* [Your task]:
Search the entries below for the word "made", then copy each line in which it is found.

* [Input for this task]:
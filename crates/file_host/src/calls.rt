//! Calls of the system, made again where a signal interrupts them, and gone on with until all is done.
ghost use Rattle.std.specs.Prelude.{◌≡◌, ◌⊎◌, ◌++◌, ◌+◌, ◌^◌, ◌<◌, ◌≤◌, length, take, drop, IsTrue, IfOk, OnOk, OnErr};
ghost use Rattle.host_port.specs.Host.{disk_now, said_now, GoesOn, Throughout, KeepsDisk, KeepsSaid, KeepsInput, Moves, AddsPart, WrittenPart, written, synced};
ghost use Rattle.system_port.specs.Stays.{Stays};

use crate::opening::open_store;
use host_port::Failed;
use system_port::{Stop, System};

/// Opens the store. Where a signal interrupts one of the opening's calls, it begins anew.
pub(crate) fn open<S: System>(system: &mut S) -> Result<(S::File, u64), Failed>
    ensures stays { Stays (S.told system.old) (S.told system.new) }
    ensures length { IfOk result (λ opened. IsTrue (S.told system.old).tells → opened.1 ≡ length (disk_now (S.told system.old)).now) }
{
    for _ in 0..u64::MAX {
        match open_store(system) {
            Ok(opened) => return Ok(opened),
            Err(Stop::Interrupted) => {}
            Err(_) => return Err(Failed),
        }
    }
    Err(Failed)
}

/// Asks for the file's length.
pub(crate) fn measure<S: System>(system: &mut S, file: &S::File) -> Result<u64, Failed>
    ensures stays { Stays (S.told system.old) (S.told system.new) }
    ensures length { IfOk result (λ n. IsTrue (S.told system.old).tells → n ≡ length (disk_now (S.told system.old)).now) }
{
    for _ in 0..u64::MAX {
        match system.examine(file) {
            Ok(found) => return Ok(found.len),
            Err(Stop::Interrupted) => {}
            Err(_) => return Err(Failed),
        }
    }
    Err(Failed)
}

/// Hands over some of the input.
pub(crate) fn read_some<S: System>(system: &mut S, into: &mut [u8]) -> Result<usize, Failed>
    requires { 0 < length into.old }
    ensures course { GoesOn (S.told system.old) (S.told system.new) }
    ensures disk { KeepsDisk (S.told system.old) (S.told system.new) }
    ensures said { KeepsSaid (S.told system.old) (S.told system.new) }
    ensures bound { IfOk result (λ n. n ≤ length into.new) }
    ensures moved { IfOk result (λ n. IsTrue (S.told system.old).tells → Moves (S.told system.old) (S.told system.new) (take n into.new)) }
{
    for _ in 0..u64::MAX {
        match system.read(into) {
            Ok(count) => return Ok(count),
            Err(Stop::Interrupted) => {}
            Err(_) => return Err(Failed),
        }
    }
    Err(Failed)
}

/// Prints all of the bytes.
pub(crate) fn print_all<S: System>(system: &mut S, bytes: &[u8]) -> Result<(), Failed>
    ensures course { GoesOn (S.told system.old) (S.told system.new) }
    ensures disk { KeepsDisk (S.told system.old) (S.told system.new) }
    ensures input { KeepsInput (S.told system.old) (S.told system.new) }
    ensures part { Throughout (S.told system.old) (S.told system.new) (λ _ said. AddsPart (said_now (S.told system.old)) bytes.now said) }
    ensures whole { OnOk result (IsTrue (S.told system.old).tells → said_now (S.told system.new) ≡ said_now (S.told system.old) ++ bytes.now) }
{
    let mut done = 0;
    for _ in 0..u64::MAX {
        if done == bytes.len() {
            return Ok(());
        }
        match system.print(&bytes[done..]) {
            Ok(0) => return Err(Failed),
            Ok(count) => done += count,
            Err(Stop::Interrupted) => {}
            Err(_) => return Err(Failed),
        }
    }
    Err(Failed)
}

/// Reads the file's bytes from the offset on to the beginning of `into`: as many as one call gives, and as many calls as it
/// takes for so many at least. It answers how many there are.
pub(crate) fn read_at_least<S: System>(
    system: &mut S,
    file: &S::File,
    at: u64,
    into: &mut [u8],
    least: usize,
) -> Result<usize, Failed>
    ensures stays { Stays (S.told system.old) (S.told system.new) }
    ensures least { IfOk result (λ n. least ≤ n) }
    ensures bound { IfOk result (λ n. n ≤ length into.new) }
    ensures bytes { IfOk result (λ n. IsTrue (S.told system.old).tells → take n into.new ≡ take n (drop at (disk_now (S.told system.old)).now)) }
{
    let mut done = 0;
    for _ in 0..u64::MAX {
        if done >= least {
            return Ok(done);
        }
        let Some(from) = at.checked_add(done as u64) else {
            return Err(Failed);
        };
        match system.read_at(file, from, &mut into[done..]) {
            Ok(0) => return Err(Failed),
            Ok(count) => done += count,
            Err(Stop::Interrupted) => {}
            Err(_) => return Err(Failed),
        }
    }
    Err(Failed)
}

/// Writes all of the bytes from the offset on.
pub(crate) fn write_all_at<S: System>(
    system: &mut S,
    file: &S::File,
    at: u64,
    bytes: &[u8],
) -> Result<(), Failed>
    requires offset { IsTrue (S.told system.old).tells → at ≤ length (disk_now (S.told system.old)).now }
    requires limit { at + length bytes.now ≤ 2 ^ 40 }
    ensures course { GoesOn (S.told system.old) (S.told system.new) }
    ensures said { KeepsSaid (S.told system.old) (S.told system.new) }
    ensures input { KeepsInput (S.told system.old) (S.told system.new) }
    ensures part { Throughout (S.told system.old) (S.told system.new)
        (λ disk _. WrittenPart (disk_now (S.told system.old)) (record { from = at; to = at + length bytes.now }) disk) }
    ensures whole { OnOk result (IsTrue (S.told system.old).tells → disk_now (S.told system.new) ≡ written (disk_now (S.told system.old)) at bytes.now) }
{
    let mut done = 0;
    for _ in 0..u64::MAX {
        match system.write_at(file, at, bytes, done) {
            Ok(count) => {
                done += count;
                if done == bytes.len() {
                    return Ok(());
                }
                if count == 0 {
                    return Err(Failed);
                }
            }
            Err(Stop::Interrupted) => {}
            Err(_) => return Err(Failed),
        }
    }
    Err(Failed)
}

/// Makes stable what was written.
pub(crate) fn sync<S: System>(system: &mut S, file: &S::File) -> Result<(), Failed>
    ensures course { GoesOn (S.told system.old) (S.told system.new) }
    ensures said { KeepsSaid (S.told system.old) (S.told system.new) }
    ensures input { KeepsInput (S.told system.old) (S.told system.new) }
    ensures before_or_after { Throughout (S.told system.old) (S.told system.new)
        (λ disk _. (disk ≡ disk_now (S.told system.old)) ⊎ (disk ≡ synced (disk_now (S.told system.old)))) }
    ensures stable { OnOk result (IsTrue (S.told system.old).tells → disk_now (S.told system.new) ≡ synced (disk_now (S.told system.old))) }
    ensures kept { OnErr result (KeepsDisk (S.told system.old) (S.told system.new)) }
{
    for _ in 0..u64::MAX {
        match system.sync(file) {
            Ok(()) => return Ok(()),
            Err(Stop::Interrupted) => {}
            Err(_) => return Err(Failed),
        }
    }
    Err(Failed)
}
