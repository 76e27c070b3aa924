//! The store, which is opened by the first call that needs it, and what is known of it without a call.
ghost use Rattle.std.specs.Prelude.{◌≡◌, ◌⊎◌, ◌+◌, ◌^◌, ◌≤◌, length, take, drop, IsTrue, IfOk, OnOk, OnErr};
ghost use Rattle.host_port.specs.Host.{disk_now, GoesOn, Throughout, KeepsDisk, KeepsSaid, KeepsInput, WrittenPart, written, synced};
ghost use Rattle.system_port.specs.Stays.{Stays};
ghost use Rattle.file_host.specs.Counting.{HasBytes};
ghost use Rattle.file_host.specs.Known.{IsKnown};

use crate::calls::{measure, open, read_at_least, sync, write_all_at};
use crate::known::{Ahead, Known};
use host_port::Failed;
use std::alloc::Global;
use system_port::System;

/// The file, opened where it is not.
fn opened<S: System>(
    system: &mut S,
    file: Option<S::File>,
    known: &mut Known,
) -> Result<S::File, Failed>
    requires known { IsKnown (S.told system.old) known.old }
    ensures known { IsKnown (S.told system.new) known.new }
    ensures stays { Stays (S.told system.old) (S.told system.new) }
{
    match file {
        Some(file) => Ok(file),
        None => {
            let (file, found) = open(system)?;
            known.len = Some(found);
            Ok(file)
        }
    }
}

/// The length that is known, or else the one that the system tells.
fn length_of<S: System>(system: &mut S, file: &S::File, known: &mut Known) -> Result<u64, Failed>
    requires known { IsKnown (S.told system.old) known.old }
    ensures known { IsKnown (S.told system.new) known.new }
    ensures stays { Stays (S.told system.old) (S.told system.new) }
    ensures length { IfOk result (λ n. IsTrue (S.told system.old).tells → n ≡ length (disk_now (S.told system.old)).now) }
{
    match known.len {
        Some(len) => Ok(len),
        None => {
            let found = measure(system, file)?;
            known.len = Some(found);
            Ok(found)
        }
    }
}

/// Writes all of the bytes. The length stays known where they are written, and what was read ahead is forgotten.
fn write_to<S: System>(
    system: &mut S,
    file: &S::File,
    known: &mut Known,
    at: u64,
    bytes: &[u8],
) -> Result<(), Failed>
    requires known { IsKnown (S.told system.old) known.old }
    requires offset { IsTrue (S.told system.old).tells → at ≤ length (disk_now (S.told system.old)).now }
    requires limit { at + length bytes.now ≤ 2 ^ 40 }
    ensures known { IsKnown (S.told system.new) known.new }
    ensures course { GoesOn (S.told system.old) (S.told system.new) }
    ensures said { KeepsSaid (S.told system.old) (S.told system.new) }
    ensures input { KeepsInput (S.told system.old) (S.told system.new) }
    ensures part { Throughout (S.told system.old) (S.told system.new)
        (λ disk _. WrittenPart (disk_now (S.told system.old)) (record { from = at; to = at + length bytes.now }) disk) }
    ensures whole { OnOk result (IsTrue (S.told system.old).tells → disk_now (S.told system.new) ≡ written (disk_now (S.told system.old)) at bytes.now) }
{
    let before = length_of(system, file, known)?;
    known.forget();
    write_all_at(system, file, at, bytes)?;
    known.len = Some(before.max(at + bytes.len() as u64));
    Ok(())
}

/// The length of the store.
pub(crate) fn len_of_store<S: System>(
    system: &mut S,
    file: &mut Option<S::File>,
    known: &mut Known,
) -> Result<u64, Failed>
    requires known { IsKnown (S.told system.old) known.old }
    ensures known { IsKnown (S.told system.new) known.new }
    ensures stays { Stays (S.told system.old) (S.told system.new) }
    ensures length { IfOk result (λ n. IsTrue (S.told system.old).tells → n ≡ length (disk_now (S.told system.old)).now) }
{
    let open = opened(system, file.take(), known)?;
    let given = length_of(system, &open, known);
    *file = Some(open);
    given
}

/// Reads anew what is ahead of the offset, at least so many bytes of it.
fn read_ahead<S: System>(
    system: &mut S,
    file: &S::File,
    ahead: &mut Ahead,
    at: u64,
    least: usize,
) -> Result<(), Failed>
    requires { ahead.old.count ≡ 0 }
    ensures stays { Stays (S.told system.old) (S.told system.new) }
    ensures bytes { HasBytes (S.told system.new) ahead.new.from ahead.new.bytes.items ahead.new.count }
    ensures from { OnOk result (ahead.new.from ≡ at) }
    ensures least { OnOk result ((least ≤ ahead.new.count) × (ahead.new.count ≤ length ahead.new.bytes.items)) }
{
    let count = read_at_least(system, file, at, &mut ahead.bytes, least)?;
    ahead.from = at;
    ahead.count = count;
    Ok(())
}

/// Fills `into` with the file's bytes: from those that were read ahead, or else by reading ahead from there. More bytes than
/// are read at once go straight to `into`.
fn read_from<S: System>(
    alloc: Global,
    system: &mut S,
    file: &S::File,
    ahead: &mut Ahead,
    at: u64,
    into: &mut [u8],
) -> Result<(), Failed>
    requires known { HasBytes (S.told system.old) ahead.old.from ahead.old.bytes.items ahead.old.count }
    ensures known { HasBytes (S.told system.new) ahead.new.from ahead.new.bytes.items ahead.new.count }
    ensures stays { Stays (S.told system.old) (S.told system.new) }
    ensures bytes { OnOk result (IsTrue (S.told system.old).tells → into.new ≡ take (length into.old) (drop at (disk_now (S.told system.old)).now)) }
{
    if let Some(part) = ahead.part(at, into.len()) {
        into.copy_from_slice(part);
        return Ok(());
    }
    ahead.make_room(alloc);
    let size = into.len();
    if size > ahead.bytes.len() {
        read_at_least(system, file, at, into, size)?;
        return Ok(());
    }
    read_ahead(system, file, ahead, at, size)?;
    into.copy_from_slice(&ahead.bytes[..size]);
    Ok(())
}

/// Fills `into` with bytes of the store.
pub(crate) fn read_store<S: System>(
    alloc: Global,
    system: &mut S,
    file: &mut Option<S::File>,
    known: &mut Known,
    at: u64,
    into: &mut [u8],
) -> Result<(), Failed>
    requires known { IsKnown (S.told system.old) known.old }
    ensures known { IsKnown (S.told system.new) known.new }
    ensures stays { Stays (S.told system.old) (S.told system.new) }
    ensures bytes { OnOk result (IsTrue (S.told system.old).tells → into.new ≡ take (length into.old) (drop at (disk_now (S.told system.old)).now)) }
{
    let open = opened(system, file.take(), known)?;
    let given = read_from(alloc, system, &open, &mut known.ahead, at, into);
    *file = Some(open);
    given
}

/// Writes all of the bytes into the store.
pub(crate) fn write_store<S: System>(
    system: &mut S,
    file: &mut Option<S::File>,
    known: &mut Known,
    at: u64,
    bytes: &[u8],
) -> Result<(), Failed>
    requires known { IsKnown (S.told system.old) known.old }
    requires offset { IsTrue (S.told system.old).tells → at ≤ length (disk_now (S.told system.old)).now }
    requires limit { at + length bytes.now ≤ 2 ^ 40 }
    ensures known { IsKnown (S.told system.new) known.new }
    ensures course { GoesOn (S.told system.old) (S.told system.new) }
    ensures said { KeepsSaid (S.told system.old) (S.told system.new) }
    ensures input { KeepsInput (S.told system.old) (S.told system.new) }
    ensures part { Throughout (S.told system.old) (S.told system.new)
        (λ disk _. WrittenPart (disk_now (S.told system.old)) (record { from = at; to = at + length bytes.now }) disk) }
    ensures whole { OnOk result (IsTrue (S.told system.old).tells → disk_now (S.told system.new) ≡ written (disk_now (S.told system.old)) at bytes.now) }
{
    let open = opened(system, file.take(), known)?;
    let given = write_to(system, &open, known, at, bytes);
    *file = Some(open);
    given
}

/// Makes stable what was written into the store.
pub(crate) fn sync_store<S: System>(
    system: &mut S,
    file: &mut Option<S::File>,
    known: &mut Known,
) -> Result<(), Failed>
    requires known { IsKnown (S.told system.old) known.old }
    ensures known { IsKnown (S.told system.new) known.new }
    ensures course { GoesOn (S.told system.old) (S.told system.new) }
    ensures said { KeepsSaid (S.told system.old) (S.told system.new) }
    ensures input { KeepsInput (S.told system.old) (S.told system.new) }
    ensures before_or_after { Throughout (S.told system.old) (S.told system.new)
        (λ disk _. (disk ≡ disk_now (S.told system.old)) ⊎ (disk ≡ synced (disk_now (S.told system.old)))) }
    ensures stable { OnOk result (IsTrue (S.told system.old).tells → disk_now (S.told system.new) ≡ synced (disk_now (S.told system.old))) }
    ensures kept { OnErr result (KeepsDisk (S.told system.old) (S.told system.new)) }
{
    let open = opened(system, file.take(), known)?;
    let given = sync(system, &open);
    *file = Some(open);
    given
}
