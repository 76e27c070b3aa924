//! The laws of lifetimes: each is a function without a body, whose contract is the law.
ghost use Rattle.lifetimes.specs.Guarded.{ReadersLives, WritersLives};
ghost use Rattle.lifetimes.specs.Lives.{FilesAtRestAreSafe, LivesKeepEvents};

/// The law of lifetimes: take a file that stands for some events, whatever a crash leaves of it. After any runs of both programs, each
/// stopped at any moment, with a crash between any two, it stands for whole events that begin with those. Where a run had printed
/// anything before it was stopped, the events that the run found and those whose reply it had begun are the first of them. Each event
/// is one of the start or one that a run made, on those before it.
pub fn law_of_lifetimes()
    ensures safe { FilesAtRestAreSafe }
    ensures lives { LivesKeepEvents }
{}

/// The law of lives behind guards: where all runs are behind guards of readers, workspaces are opened, and nothing else changes from
/// the start to the end. Where all are behind guards of writers of one branch, all but what concerns that branch stays.
pub fn law_of_guarded_lifetimes()
    ensures readers { ReadersLives }
    ensures writers { WritersLives }
{}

* [Solved exercise]:
//! Calls of the system, made again where a signal interrupts them, and gone on with until all is done.
/// is one of the start or one that a run made, on those before it.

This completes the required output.